# 10 Gallon Planted Profile



## SBDTHRU (Jun 14, 2007)

I finally got my tank setup! Been a long time since I've posted but I'm back with a new 10. Specs:
Gallons: 10
Substrate: 3" of Some sort of plant substrate I cant remeber the name.
Filtration: Powerhead pumping water into old Penguin 200GPH. There was too much flow with the filter pump. 
Lighting: 4x18w bulbs
Co2: None
Dosing: Flourish Nitrogen bout 1/8 a cap full every sunday. 
Rock: 5 Good size Pagoda Stones
Plants: 1 Pot of Dwarf Hairgrass broken up into separate plants to spread out.
Fish: 3 Chinese Algae Eaters about 1.5 inches
Yep comments wanted! Feel free to criticize. Pictures to come. :]
I'm going for the Hairgrass carpet look.;-)


----------



## Guest (Feb 25, 2008)

Whoa.....you have 72w of light over that tank and no CO2? You're going to have some serious algae issues soon. Not to mention, Hairgrass needs CO2 to thrive and you won't get a healthy carpet without it.

You have a good start, but you need to have everything balanced and right now its not.

I also suggest you dose some potassium. If you prefer the liquid ferts, pick up some Flourish Potassium. You should dose micro ferts as well (reg. Flourish).

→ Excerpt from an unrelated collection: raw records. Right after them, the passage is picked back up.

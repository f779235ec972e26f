//! Texts that are no configuration, and the lines that tell why.

use crate::same::assert_same;
use config::{ConfigFault, Key, Place, read_config};
use std::alloc::Global;
use std::process::Abort;

const NODE: &str = "[[node]]\nnumber = 1\nlisten = \"127.0.0.1:2775\"\n";

const SME1: &str =
    "[[account]]\nsystem_id = \"sme1\"\npassword = \"pw1\"\ntransmit = true\nreceive = true\n";

const ROUTE: &str = "[[route]]\nprefix = \"2\"\naccount = \"sme1\"\n";

const LOST: &str = "[[route]]\nprefix = \"2\"\naccount = \"sme2\"\n";

const CUT: &str = "[[route]]\naccount = \"sme1\"\n";

// The fault of a text; none of a configuration.
fn fault_of(alloc: Global, text: &[u8]) -> Option<ConfigFault> {
    read_config(alloc, text).err()
}

// The fault of the lines of these parts behind a name and a node.
fn fault_with(rt: &impl Abort, alloc: Global, more: &[&str]) -> Option<ConfigFault> {
    let mut text = String::from_str(alloc, "system_id = \"CENTRE\"\n").expect(rt, "memory");
    text.push_str(NODE).expect(rt, "memory");
    for part in more {
        text.push_str(part).expect(rt, "memory");
    }
    let fault = fault_of(alloc, text.as_bytes());
    drop(text);
    fault
}

// A text, and its fault.
type Row = (&'static [u8], ConfigFault);

fn assert_faults(rt: &impl Abort, alloc: Global, rows: &[Row]) {
    for (number, (text, wanted)) in rows.iter().enumerate() {
        let fault = fault_of(alloc, text);
        assert_same(rt, &(number, fault), &(number, Some(*wanted)));
    }
}

// What stands behind a name and a node, and the fault of that.
type RowBehind = (&'static [&'static str], ConfigFault);

fn assert_faults_with(rt: &impl Abort, alloc: Global, rows: &[RowBehind]) {
    for (number, (more, wanted)) in rows.iter().enumerate() {
        let fault = fault_with(rt, alloc, more);
        assert_same(rt, &(number, fault), &(number, Some(*wanted)));
    }
}

const NO_TOML: &[Row] = &[
    (b"system_id = ", ConfigFault::NotToml),
    (b"a = 1\na = 2\n", ConfigFault::NotToml),
    (b"a = \"\xff\"\n", ConfigFault::NotToml),
];

#[test]
fn what_is_no_toml(rt: HostRuntime) {
    assert_faults(&rt, rt.alloc(), NO_TOML);
}

const MISSING: &[Row] = &[
    (
        b"",
        ConfigFault::Missing(Place {
            key: Key::SystemId,
            row: 0,
        }),
    ),
    (
        b"system_id = \"C\"\n",
        ConfigFault::Missing(Place {
            key: Key::Node,
            row: 0,
        }),
    ),
    (
        b"system_id = \"C\"\nnode = []\n",
        ConfigFault::Missing(Place {
            key: Key::Node,
            row: 0,
        }),
    ),
    (
        b"system_id = \"C\"\n[[node]]\nlisten = \"1.2.3.4:5\"\n",
        ConfigFault::Missing(Place {
            key: Key::NodeNumber,
            row: 0,
        }),
    ),
    (
        b"system_id = \"C\"\n[[node]]\nnumber = 1\n",
        ConfigFault::Missing(Place {
            key: Key::NodeListen,
            row: 0,
        }),
    ),
];

const MISSING_BEHIND: &[RowBehind] = &[
    (
        &["[[account]]\nsystem_id = \"a\"\ntransmit = true\nreceive = true\n"],
        ConfigFault::Missing(Place {
            key: Key::AccountPassword,
            row: 0,
        }),
    ),
    (
        &["[[route]]\nprefix = \"2\"\n"],
        ConfigFault::Missing(Place {
            key: Key::RouteAccount,
            row: 0,
        }),
    ),
    (
        &[SME1, ROUTE, "[[route]]\nprefix = \"3\"\n"],
        ConfigFault::Missing(Place {
            key: Key::RouteAccount,
            row: 1,
        }),
    ),
];

#[test]
fn what_is_missing(rt: HostRuntime) {
    assert_faults(&rt, rt.alloc(), MISSING);
    assert_faults_with(&rt, rt.alloc(), MISSING_BEHIND);
}

const BAD: &[Row] = &[
    (
        b"system_id = 1\n[[node]]\nnumber = 1\nlisten = \"1.2.3.4:5\"\n",
        ConfigFault::BadValue(Place {
            key: Key::SystemId,
            row: 0,
        }),
    ),
    (
        b"system_id = \"\"\n[[node]]\nnumber = 1\nlisten = \"1.2.3.4:5\"\n",
        ConfigFault::BadValue(Place {
            key: Key::SystemId,
            row: 0,
        }),
    ),
    (
        b"system_id = \"0123456789abcdef\"\n[[node]]\nnumber = 1\nlisten = \"1.2.3.4:5\"\n",
        ConfigFault::BadValue(Place {
            key: Key::SystemId,
            row: 0,
        }),
    ),
    (
        b"system_id = \"C\"\ndefault_validity = 0\n[[node]]\nnumber = 1\nlisten = \"1.2.3.4:5\"\n",
        ConfigFault::BadValue(Place {
            key: Key::DefaultValidity,
            row: 0,
        }),
    ),
    (
        b"system_id = \"C\"\nfirst_serial = 100000\n[[node]]\nnumber = 1\nlisten = \"1.2.3.4:5\"\n",
        ConfigFault::BadValue(Place {
            key: Key::FirstSerial,
            row: 0,
        }),
    ),
    (
        b"system_id = \"C\"\nstop_after = -1\n[[node]]\nnumber = 1\nlisten = \"1.2.3.4:5\"\n",
        ConfigFault::BadValue(Place {
            key: Key::StopAfter,
            row: 0,
        }),
    ),
    (
        b"system_id = \"C\"\nnode = 1\n",
        ConfigFault::BadValue(Place {
            key: Key::Node,
            row: 0,
        }),
    ),
    (
        b"system_id = \"C\"\n[[node]]\nnumber = 2\nlisten = \"1.2.3.4:5\"\n",
        ConfigFault::BadValue(Place {
            key: Key::NodeNumber,
            row: 0,
        }),
    ),
    (
        b"system_id = \"C\"\n[[node]]\nnumber = 1\nlisten = \"1.2.3.4:05\"\n",
        ConfigFault::BadValue(Place {
            key: Key::NodeListen,
            row: 0,
        }),
    ),
    (
        b"system_id = \"C\"\n[[node]]\nnumber = 1\nlisten = \"1.2.3.256:5\"\n",
        ConfigFault::BadValue(Place {
            key: Key::NodeListen,
            row: 0,
        }),
    ),
    (
        b"system_id = \"C\"\n[[node]]\nnumber = 1\nlisten = \"localhost:5\"\n",
        ConfigFault::BadValue(Place {
            key: Key::NodeListen,
            row: 0,
        }),
    ),
];

const BAD_BEHIND: &[RowBehind] = &[
    (
        &["store = 1\n"],
        ConfigFault::BadValue(Place {
            key: Key::NodeStore,
            row: 0,
        }),
    ),
    (
        &[
            "[[account]]\nsystem_id = \"a\"\npassword = \"123456789\"\ntransmit = true\nreceive = true\n",
        ],
        ConfigFault::BadValue(Place {
            key: Key::AccountPassword,
            row: 0,
        }),
    ),
    (
        &[
            "[[account]]\nsystem_id = \"a\"\npassword = \"\\u0000\"\ntransmit = true\nreceive = true\n",
        ],
        ConfigFault::BadValue(Place {
            key: Key::AccountPassword,
            row: 0,
        }),
    ),
    (
        &["[[account]]\nsystem_id = \"a\"\npassword = \"\"\ntransmit = 1\nreceive = true\n"],
        ConfigFault::BadValue(Place {
            key: Key::AccountTransmit,
            row: 0,
        }),
    ),
    (
        &[ROUTE],
        ConfigFault::BadValue(Place {
            key: Key::RouteAccount,
            row: 0,
        }),
    ),
    (
        &[SME1, ROUTE, LOST],
        ConfigFault::BadValue(Place {
            key: Key::RouteAccount,
            row: 1,
        }),
    ),
];

#[test]
fn bad_values(rt: HostRuntime) {
    assert_faults(&rt, rt.alloc(), BAD);
    assert_faults_with(&rt, rt.alloc(), BAD_BEHIND);
}

// The fault of a name and of nodes of the numbers below this.
fn fault_of_nodes(rt: &impl Abort, alloc: Global, end: u64) -> Option<ConfigFault> {
    let mut text = String::from_str(alloc, "system_id = \"C\"\n").expect(rt, "memory");
    for number in 1..end {
        let node = write!(
            text,
            "[[node]]\nnumber = {number}\nlisten = \"1.2.3.4:5\"\n"
        );
        node.expect(rt, "memory");
    }
    let fault = fault_of(alloc, text.as_bytes());
    drop(text);
    fault
}

#[test]
fn a_tenth_node(rt: HostRuntime) {
    let faults = (
        fault_of_nodes(&rt, rt.alloc(), 10),
        fault_of_nodes(&rt, rt.alloc(), 11),
    );
    let tenth = ConfigFault::BadValue(Place {
        key: Key::Node,
        row: 0,
    });
    assert_same(&rt, &faults, &(None, Some(tenth)));
}

const TWICE: &[RowBehind] = &[
    (
        &[NODE],
        ConfigFault::Repeated(Place {
            key: Key::NodeNumber,
            row: 1,
        }),
    ),
    (
        &[SME1, SME1],
        ConfigFault::Repeated(Place {
            key: Key::AccountSystemId,
            row: 1,
        }),
    ),
    (
        &[SME1, ROUTE, ROUTE],
        ConfigFault::Repeated(Place {
            key: Key::RoutePrefix,
            row: 1,
        }),
    ),
];

#[test]
fn what_is_given_twice(rt: HostRuntime) {
    assert_faults_with(&rt, rt.alloc(), TWICE);
}

// An account is given twice, and a route leads to none; of another route the prefix is not there; behind it there is no TOML.
const OF_TWO: &[RowBehind] = &[
    (
        &[SME1, SME1, LOST],
        ConfigFault::BadValue(Place {
            key: Key::RouteAccount,
            row: 0,
        }),
    ),
    (
        &[SME1, SME1, LOST, CUT],
        ConfigFault::Missing(Place {
            key: Key::RoutePrefix,
            row: 1,
        }),
    ),
    (&[SME1, SME1, LOST, CUT, "route\n"], ConfigFault::NotToml),
];

#[test]
fn the_lower_of_two_is_told(rt: HostRuntime) {
    assert_faults_with(&rt, rt.alloc(), OF_TWO);
}

// Faults, and the lines that tell of them.
const TOLD: &[(ConfigFault, &str)] = &[
    (ConfigFault::NotToml, "no TOML"),
    (
        ConfigFault::Missing(Place {
            key: Key::AccountPassword,
            row: 1,
        }),
        "missing: account.password (account 2)",
    ),
    (
        ConfigFault::BadValue(Place {
            key: Key::NodeListen,
            row: 0,
        }),
        "bad value: node.listen (node 1)",
    ),
    (
        ConfigFault::Repeated(Place {
            key: Key::RoutePrefix,
            row: 39,
        }),
        "given twice: route.prefix (route 40)",
    ),
    (
        ConfigFault::Missing(Place {
            key: Key::SystemId,
            row: 0,
        }),
        "missing: system_id",
    ),
    (ConfigFault::Memory, "there was not enough memory"),
];

// That this line tells of the fault.
fn assert_line(rt: &impl Abort, alloc: Global, fault: ConfigFault, wanted: &str) {
    let line = format!(in alloc; "{fault}").expect(rt, "memory");
    assert_same(rt, &line.as_str(), &wanted);
}

#[test]
fn faults_are_told_in_a_line(rt: HostRuntime) {
    for (fault, line) in TOLD {
        assert_line(&rt, rt.alloc(), *fault, line);
    }
}
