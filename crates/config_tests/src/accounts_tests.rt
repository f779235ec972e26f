//! Roles, binds and routes.

use crate::same::assert_same;
use accounts::{Account, Accounts, AccountsFault, Role, Route, Routes};
use pdu_codec::{Bind, Text};
use std::alloc::Global;
use std::process::Abort;

fn text<const LIMIT: usize>(rt: &impl Abort, alloc: Global, octets: &[u8]) -> Text<LIMIT> {
    let text = Text::make(alloc, octets).expect(rt, "memory");
    text.expect(rt, "a text")
}

// The system_id of an account, whether it may submit, and whether it may be delivered to.
type Rights = (&'static [u8], bool, bool);

// An account is added, or why not.
fn add(
    rt: &impl Abort,
    alloc: Global,
    accounts: &mut Accounts,
    (name, transmit, receive): Rights,
) -> Option<AccountsFault> {
    let account = Account {
        system_id: text(rt, alloc, name),
        password: text(rt, alloc, b"pw"),
        transmit,
        receive,
    };
    accounts.add(account).err()
}

fn bind(rt: &impl Abort, alloc: Global, name: &[u8], password: &[u8]) -> Bind {
    Bind {
        system_id: text(rt, alloc, name),
        password: text(rt, alloc, password),
        system_type: text(rt, alloc, b""),
        interface_version: 0x34,
        addr_ton: 0,
        addr_npi: 0,
        address_range: text(rt, alloc, b""),
    }
}

const RIGHTS: &[Rights] = &[
    (b"both", true, true),
    (b"sends", true, false),
    (b"gets", false, true),
];

fn accounts(rt: &impl Abort, alloc: Global) -> Accounts {
    let mut accounts = Accounts::make(alloc);
    for rights in RIGHTS {
        let fault = add(rt, alloc, &mut accounts, *rights);
        assert_same(rt, &(rights.0, fault), &(rights.0, None));
    }
    accounts
}

// The role, the system_id and the password of a bind, and the command_status with which it is refused, 0 of no refusal.
type Row = (Role, &'static [u8], &'static [u8], u32);

fn assert_refusal(rt: &impl Abort, alloc: Global, accounts: &Accounts, number: usize, row: Row) {
    let (role, name, password, wanted) = row;
    let bind = bind(rt, alloc, name, password);
    let refusal = accounts.bind_refusal(role, &bind);
    drop(bind);
    let status = refusal.map_or(0, |status| status.code());
    assert_same(rt, &(number, status), &(number, wanted));
}

// That these binds are refused so, or not.
fn assert_refusals(rt: &impl Abort, alloc: Global, rows: &[Row]) {
    let accounts = accounts(rt, alloc);
    for (number, row) in rows.iter().enumerate() {
        assert_refusal(rt, alloc, &accounts, number, *row);
    }
}

const ROLES: &[Row] = &[
    (Role::Transmitter, b"both", b"pw", 0),
    (Role::Receiver, b"both", b"pw", 0),
    (Role::Transceiver, b"both", b"pw", 0),
    (Role::Transmitter, b"sends", b"pw", 0),
    (Role::Receiver, b"sends", b"pw", 0x0d),
    (Role::Transceiver, b"sends", b"pw", 0x0d),
    (Role::Transmitter, b"gets", b"pw", 0x0d),
    (Role::Receiver, b"gets", b"pw", 0),
    (Role::Transceiver, b"gets", b"pw", 0x0d),
];

#[test]
fn roles_need_their_rights(rt: HostRuntime) {
    assert_refusals(&rt, rt.alloc(), ROLES);
}

const REFUSALS: &[Row] = &[
    (Role::Receiver, b"nobody", b"pw", 0x0f),
    (Role::Receiver, b"sends", b"other", 0x0e),
    (Role::Receiver, b"sends", b"pw", 0x0d),
];

#[test]
fn the_first_refusal_is_told(rt: HostRuntime) {
    assert_refusals(&rt, rt.alloc(), REFUSALS);
}

// Whether an account may submit, and be delivered to.
fn allowed(account: &Account) -> (bool, bool) {
    (
        account.allows(Role::Transmitter),
        account.allows(Role::Receiver),
    )
}

#[test]
fn a_name_has_one_account(rt: HostRuntime) {
    let alloc = rt.alloc();
    let mut accounts = Accounts::make(alloc);
    let faults = (
        add(&rt, alloc, &mut accounts, (b"sme1", true, false)),
        add(&rt, alloc, &mut accounts, (b"sme1", true, true)),
    );
    let found = accounts.find(b"sme1").map(allowed);
    let front = accounts.find(b"sme").map(allowed);
    drop(accounts);
    assert_same(&rt, &faults, &(None, Some(AccountsFault::Repeated)));
    assert_same(&rt, &(found, front), &(Some((true, false)), None));
}

// A route is added, or why not.
fn lead(
    rt: &impl Abort,
    alloc: Global,
    routes: &mut Routes,
    prefix: &[u8],
    account: &[u8],
) -> Option<AccountsFault> {
    let route = Route {
        prefix: text(rt, alloc, prefix),
        account: text(rt, alloc, account),
    };
    routes.add(route).err()
}

// That this is the account to which a destination leads, if it leads to one.
fn assert_target(rt: &impl Abort, routes: &Routes, destination: &[u8], wanted: Option<&[u8]>) {
    let target = routes.target(destination).map(|target| target.octets());
    assert_same(rt, &(destination, target), &(destination, wanted));
}

const TARGETS: &[(&[u8], &[u8])] = &[
    (b"155", b"sme1"),
    (b"", b"sme1"),
    (b"2", b"sme2"),
    (b"254", b"sme2"),
    (b"255", b"sme3"),
    (b"2551", b"sme3"),
    (b"1255", b"sme1"),
];

#[test]
fn the_longest_prefix_leads(rt: HostRuntime) {
    let alloc = rt.alloc();
    let mut routes = Routes::make(alloc);
    assert_target(&rt, &routes, b"155", None);
    let first = lead(&rt, alloc, &mut routes, b"2", b"sme2");
    let again = lead(&rt, alloc, &mut routes, b"2", b"sme1");
    assert_target(&rt, &routes, b"155", None);
    let longer = lead(&rt, alloc, &mut routes, b"255", b"sme3");
    let shortest = lead(&rt, alloc, &mut routes, b"", b"sme1");
    for (destination, account) in TARGETS {
        assert_target(&rt, &routes, destination, Some(*account));
    }
    drop(routes);
    let wanted = [None, Some(AccountsFault::Repeated), None, None];
    assert_same(&rt, &[first, again, longer, shortest], &wanted);
}
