//! Steps of nodes, by themselves and in a cluster.

ghost use Rattle.std.specs.Prelude.{◌≡◌, ◌∷◌, ◌++◌, ℕ, Bool, List};
ghost use Rattle.mc_model.specs.synod.Acceptor.{Records};
ghost use Rattle.mc_model.specs.node.Setup.{Setup};
ghost use Rattle.mc_model.specs.node.Actor.{Actor};
ghost use Rattle.mc_model.specs.node.Act.{Act};
ghost use Rattle.mc_model.specs.node.Effect.{did, saved};
ghost use Rattle.mc_model.specs.node.Input.{Input};
ghost use Rattle.mc_model.specs.node.Step.{IsExact};
ghost use Rattle.mc_model.specs.node.Alone.{AreStepsAlone, IsRunAlone, IsStepAlone, opened_new, reached_alone};
ghost use Rattle.mc_model.specs.node.Outputs.{packets_in};
ghost use Rattle.mc_model.specs.cluster.World.{IsRun, Run, World, reached, start, world_of};
ghost use Rattle.mc_model.specs.cluster.Steps.{Cluster, setup_of, IsStep, Step, AreSteps, CameTo, acts_in, by_node};
ghost use Rattle.mc_model.specs.cluster.Assembly.{EachCame, EachWasSent, acts_of, steps_of};
ghost use Rattle.mc_model.specs.cluster.Stores.{AreLeft, opened_in, openings, serials_over, start_over};

/// A run of steps is a run of their acts, so that every law over runs holds of it.
pub fn steps_are_runs()
    ensures { (cluster : Cluster) (steps : List Step) →
        AreSteps cluster (start cluster.nodes cluster.serials) steps →
        IsRun (start cluster.nodes cluster.serials) (acts_in steps) }
{}

/// From one node and one input the replies and the receipts are decided: those of too long a wait, those by what the node
/// knows, and the receipts; and so is what is settled, asked and given up.
pub fn replies_are_decided()
    ensures settles { (setup : Setup) (a : Actor) (records : Records) (input : Input) (acts others : List Act) →
        (one : IsExact setup a records input acts) (other : IsExact setup a records input others) → one.settles ≡ other.settles }
    ensures late { (setup : Setup) (a : Actor) (records : Records) (input : Input) (acts others : List Act) →
        (one : IsExact setup a records input acts) (other : IsExact setup a records input others) → one.late ≡ other.late }
    ensures asks { (setup : Setup) (a : Actor) (records : Records) (input : Input) (acts others : List Act) →
        (one : IsExact setup a records input acts) (other : IsExact setup a records input others) → one.asks ≡ other.asks }
    ensures abandons { (setup : Setup) (a : Actor) (records : Records) (input : Input) (acts others : List Act) →
        (one : IsExact setup a records input acts) (other : IsExact setup a records input others) →
        one.abandons ≡ other.abandons }
    ensures replies { (setup : Setup) (a : Actor) (records : Records) (input : Input) (acts others : List Act) →
        (one : IsExact setup a records input acts) (other : IsExact setup a records input others) → one.replies ≡ other.replies }
    ensures reports { (setup : Setup) (a : Actor) (records : Records) (input : Input) (acts others : List Act) →
        (one : IsExact setup a records input acts) (other : IsExact setup a records input others) → one.reports ≡ other.reports }
{}

/// If the acts of each node are a run of that node by itself, and each packet that comes was sent before, then all acts
/// together are a run of the cluster.
pub fn nodes_make_a_run()
    ensures { (nodes : ℕ) (serials : ℕ → ℕ) (acts : List (ℕ × Act)) →
        ((node : ℕ) → IsRunAlone nodes node (opened_new (serials node)) (acts_of node acts)) →
        EachWasSent (start nodes serials) acts →
        IsRun (start nodes serials) acts }
{}

/// A step of a node by itself, where its acts in a run have led it, is a step of the cluster, if its packet was sent.
pub fn a_step_alone_is_a_step()
    ensures { (cluster : Cluster) (acts : List (ℕ × Act)) (node : ℕ) (input : Input) (more : List Act) →
        IsRun (start cluster.nodes cluster.serials) acts →
        IsStepAlone (setup_of cluster node) (reached_alone node (opened_new (cluster.serials node))
        (acts_of node acts)) input more →
        CameTo (reached (start cluster.nodes cluster.serials) acts) input →
        IsStep (reached (start cluster.nodes cluster.serials) acts) (setup_of cluster node) input more }
{}

/// And a run of steps goes on by it.
pub fn a_run_of_steps_goes_on()
    ensures { (cluster : Cluster) (steps : List Step) (step : Step) →
        AreSteps cluster (start cluster.nodes cluster.serials) steps →
        IsStepAlone (setup_of cluster step.node) (reached_alone step.node (opened_new (cluster.serials step.node))
        (acts_of step.node (acts_in steps))) step.input step.acts →
        CameTo (reached (start cluster.nodes cluster.serials) (acts_in steps)) step.input →
        AreSteps cluster (start cluster.nodes cluster.serials) (step ∷ steps) }
{}

/// If the steps of each node are a run of steps of that node by itself, and each packet that comes was sent before, then all
/// steps together are a run of steps of the cluster.
pub fn nodes_make_a_run_of_steps()
    ensures { (cluster : Cluster) (steps : List Step) →
        ((node : ℕ) → AreStepsAlone (setup_of cluster node) (opened_new (cluster.serials node)) (steps_of node steps)) →
        EachCame (start cluster.nodes cluster.serials) steps →
        AreSteps cluster (start cluster.nodes cluster.serials) steps }
{}

/// A run over stores that were not new: the run that left them, a start anew of each node whose store was not new, and the
/// later acts are together one run, in which the packets are numbered on; and so it is if the later acts are those of steps.
pub fn a_run_over_old_stores_goes_on()
    ensures run { (run : Run) (fresh : ℕ → Bool) (lost serials : ℕ → ℕ) (later : List (ℕ × Act)) →
        AreLeft run fresh lost →
        IsRun (start_over run.nodes (world_of run).records (opened_in (world_of run) fresh lost) serials) later →
        IsRun (start run.nodes (serials_over run.serials fresh serials))
        (later ++ (openings run.nodes fresh lost serials ++ run.acts)) }
    ensures numbered { (run : Run) (fresh : ℕ → Bool) (lost serials : ℕ → ℕ) (later : List (ℕ × Act)) →
        AreLeft run fresh lost →
        IsRun (start_over run.nodes (world_of run).records (opened_in (world_of run) fresh lost) serials) later →
        (reached (start run.nodes (serials_over run.serials fresh serials))
        (later ++ (openings run.nodes fresh lost serials ++ run.acts))).packets
        ≡ (reached (start_over run.nodes (world_of run).records (opened_in (world_of run) fresh lost) serials) later).packets
        ++ (world_of run).packets }
    ensures steps { (run : Run) (fresh : ℕ → Bool) (lost : ℕ → ℕ) (cluster : Cluster) (steps : List Step) →
        AreLeft run fresh lost →
        AreSteps cluster
        (start_over run.nodes (world_of run).records (opened_in (world_of run) fresh lost) cluster.serials) steps →
        IsRun (start run.nodes (serials_over run.serials fresh cluster.serials))
        (acts_in steps ++ (openings run.nodes fresh lost cluster.serials ++ run.acts)) }
{}

/// What the acts of one node leave of it, and what they send, is what the node by itself says: its actor, its records, and the
/// packets that it gives out, ahead of those that were sent before.
pub fn acts_leave_what_the_node_says()
    ensures actor { (w : World) (node : ℕ) (acts : List Act) →
        (reached w (by_node node acts)).actors node ≡ did node (w.actors node) acts }
    ensures records { (w : World) (node : ℕ) (acts : List Act) →
        (reached w (by_node node acts)).records node ≡ saved (w.records node) acts }
    ensures packets { (w : World) (node : ℕ) (acts : List Act) →
        (reached w (by_node node acts)).packets ≡ packets_in node (w.actors node) (w.records node) acts ++ w.packets }
{}
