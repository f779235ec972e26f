//! Configurations without a fault.

use crate::same::assert_same;
use accounts::Role;
use config::{Config, read_config};
use std::alloc::Global;
use std::process::Abort;

const WHOLE: &str = r#"
# keys that nobody asks for are ignored
colour = "blue"
system_id = "CENTRE"
default_validity = 3600
first_serial = 42
stop_after = 7

[[node]]
number = 2
listen = "10.0.0.2:2776"
store = "/var/centre/2"

[[node]]
number = 1
listen = "127.0.0.1:2775"

[[account]]
system_id = "sme1"
password = "pw1"
transmit = true
receive = true

[[account]]
system_id = "sme2"
password = ""
transmit = false
receive = true
note = "receives"

[[route]]
prefix = "2"
account = "sme2"

[[route]]
prefix = ""
account = "sme1"
"#;

const LEAST: &str = r#"
system_id = "C"
node = [{ number = 1, listen = "0.0.0.0:0" }]
"#;

fn numbers_of(config: &Config) -> (u32, u32, u64, usize) {
    (
        config.default_validity,
        config.first_serial,
        config.stop_after,
        config.nodes.len(),
    )
}

fn listens(config: &Config, place: usize, ip: [u8; 4], port: u16) -> bool {
    match config.nodes.get(place) {
        Some(node) => node.listen.ip().octets() == ip && node.listen.port() == port,
        None => false,
    }
}

fn store_of(config: &Config, place: usize) -> Option<&str> {
    match &config.nodes.get(place)?.store {
        Some(path) => Some(path.as_str()),
        None => None,
    }
}

fn has_account(config: &Config, name: &[u8], password: &[u8], transmit: bool) -> bool {
    match config.accounts.find(name) {
        Some(account) => {
            account.password.octets() == password
                && account.allows(Role::Receiver)
                && account.allows(Role::Transmitter) == transmit
        }
        None => false,
    }
}

fn leads(config: &Config, destination: &[u8], account: &[u8]) -> bool {
    match config.routes.target(destination) {
        Some(target) => target.octets() == account,
        None => false,
    }
}

// What is said of a configuration, and is to be true.
fn whole(config: &Config) -> [bool; 10] {
    [
        config.system_id.octets() == b"CENTRE".as_slice(),
        numbers_of(config) == (3600, 42, 7, 2),
        listens(config, 0, [127, 0, 0, 1], 2775),
        listens(config, 1, [10, 0, 0, 2], 2776),
        store_of(config, 0).is_none(),
        store_of(config, 1) == Some("/var/centre/2"),
        has_account(config, b"sme1", b"pw1", true),
        has_account(config, b"sme2", b"", false),
        leads(config, b"255", b"sme2"),
        leads(config, b"155", b"sme1"),
    ]
}

#[test]
fn each_key_is_read(rt: HostRuntime) {
    let config = read_config(rt.alloc(), WHOLE.as_bytes()).expect(&rt, "a configuration");
    let holds = whole(&config);
    drop(config);
    assert_same(&rt, &holds, &[true; 10]);
}

fn least(config: &Config) -> [bool; 4] {
    [
        numbers_of(config) == (259_200, 1, 0, 1),
        listens(config, 0, [0, 0, 0, 0], 0),
        config.accounts.find(b"sme1").is_none(),
        config.routes.target(b"155").is_none(),
    ]
}

#[test]
fn what_is_absent_has_its_default(rt: HostRuntime) {
    let config = read_config(rt.alloc(), LEAST.as_bytes()).expect(&rt, "a configuration");
    let holds = least(&config);
    drop(config);
    assert_same(&rt, &holds, &[true; 4]);
}

fn of_scripts(config: &Config) -> [bool; 5] {
    [
        config.system_id.octets() == b"CENTRE".as_slice(),
        has_account(config, b"sme1", b"pw1", true),
        has_account(config, b"sme2", b"pw2", true),
        leads(config, b"255", b"sme2"),
        leads(config, b"155", b"sme1"),
    ]
}

#[test]
fn a_script_has_two_accounts(rt: HostRuntime) {
    let config = Config::of_scripts(rt.alloc()).expect(&rt, "a configuration");
    let holds = of_scripts(&config);
    drop(config);
    assert_same(&rt, &holds, &[true; 5]);
}

// The least configuration, with so many accounts that may only receive.
fn with_accounts(rt: &impl Abort, alloc: Global, count: u32) -> Config {
    let mut text = String::from_str(alloc, LEAST).expect(rt, "memory");
    for number in 1..=count {
        let account = write!(
            text,
            "[[account]]\nsystem_id = \"sme{number}\"\npassword = \"\"\ntransmit = false\nreceive = true\n"
        );
        account.expect(rt, "memory");
    }
    let config = read_config(alloc, text.as_bytes());
    drop(text);
    config.expect(rt, "a configuration")
}

#[test]
fn there_may_be_many_accounts(rt: HostRuntime) {
    let config = with_accounts(&rt, rt.alloc(), 300);
    let found = [
        has_account(&config, b"sme1", b"", false),
        has_account(&config, b"sme300", b"", false),
        has_account(&config, b"sme301", b"", false),
    ];
    drop(config);
    assert_same(&rt, &found, &[true, true, false]);
}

DIY CO2 would work on a 10g. Go to google.com and search for "DIY CO2" and you'll find tons of sites with info, pics, and instructions.

Also, your CAEs are going to outgrow the tank eventually. You probably knew that already though. Those things get like 8 inches...

If you want a healthy hairgrass carpet that grows in pretty fast, get some CO2 pumping in the tank and dose some micro nutrients and potassium.


----------



## trashion (Aug 24, 2007)

IDK, I doubt how well DIY CO2 is going to work with... what is that, 7.2 wpg?!

I'd suggest going pressurized.


----------



## Guest (Feb 25, 2008)

Very true, Julie, very true. That is a ton of light over that tank SBD. I'd suggest atleast cutting 1 18w off or even 2 and running DIY if you can't get pressurized.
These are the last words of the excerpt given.